## Exercise prompt
When the line containing "Ok(operands)" appears in the entries below, begin printing there and stop after the line containing "trees.push(Tree::Bottom)?;"; print each of those lines exactly and no other line.

━━ Provided records

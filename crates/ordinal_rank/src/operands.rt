//! The families of the operands of `AF exit`.
ghost use Rattle.std.specs.Prelude.{◌≡◌, ℕ, suc, IfOk};
ghost use Rattle.decision_tree.specs.Plans.{bottom};
ghost use Rattle.leaf_search.specs.Operands.{families_of};
ghost use Rattle.tree_support.specs.Setting.{trees_in};

use crate::ordinal::{OrdinalRank, at_once};
use decision_tree::{Family, Tree, TreeList, Why};
use std::alloc::{AllocError, Global};

/// The families of the truth, which holds at each of so many labels, and of `exit`, which holds at label 0 alone. The only error is want of
/// memory.
pub(crate) fn operands(alloc: Global, labels: u32) -> Result<Vec<Family<OrdinalRank>>, AllocError>
    ensures { IfOk result (λ parts. (label : ℕ) → families_of parts.items 1 (suc label) ≡ bottom) }
{
    let truth = truth(alloc, labels)?;
    let end = end(alloc, labels)?;
    let mut operands = Vec::with_capacity(alloc, 2)?;
    operands.push(truth)?;
    operands.push(end)?;
    Ok(operands)
}

/// The family of the truth.
fn truth(alloc: Global, labels: u32) -> Result<Family<OrdinalRank>, AllocError> {
    let mut trees = Vec::with_capacity(alloc, labels as usize)?;
    for _ in 0..labels {
        let claim = at_once(alloc, Why::Atom)?;
        trees.push(claim)?;
    }
    Ok(Family {
        part: 0,
        trees: TreeList::of(trees),
    })
}

/// The family of `exit`.
fn end(alloc: Global, labels: u32) -> Result<Family<OrdinalRank>, AllocError>
    ensures { IfOk result (λ family. (label : ℕ) → trees_in family.trees (suc label) ≡ bottom) }
{
    let mut trees = Vec::with_capacity(alloc, labels as usize)?;
    let claim = at_once(alloc, Why::End)?;
    trees.push(claim)?;
    for _ in 1..labels {
        trees.push(Tree::Bottom)?;
    }
    Ok(Family {
        part: 1,
        trees: TreeList::of(trees),
    })
}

━━━━

## Answer box
    Ok(operands)
}

/// The family of the truth.
fn truth(alloc: Global, labels: u32) -> Result<Family<OrdinalRank>, AllocError> {
    let mut trees = Vec::with_capacity(alloc, labels as usize)?;
    for _ in 0..labels {
        let claim = at_once(alloc, Why::Atom)?;
        trees.push(claim)?;
    }
    Ok(Family {
        part: 0,
        trees: TreeList::of(trees),
    })
}

/// The family of `exit`.
fn end(alloc: Global, labels: u32) -> Result<Family<OrdinalRank>, AllocError>
    ensures { IfOk result (λ family. (label : ℕ) → trees_in family.trees (suc label) ≡ bottom) }
{
    let mut trees = Vec::with_capacity(alloc, labels as usize)?;
    let claim = at_once(alloc, Why::End)?;
    trees.push(claim)?;
    for _ in 1..labels {
        trees.push(Tree::Bottom)?;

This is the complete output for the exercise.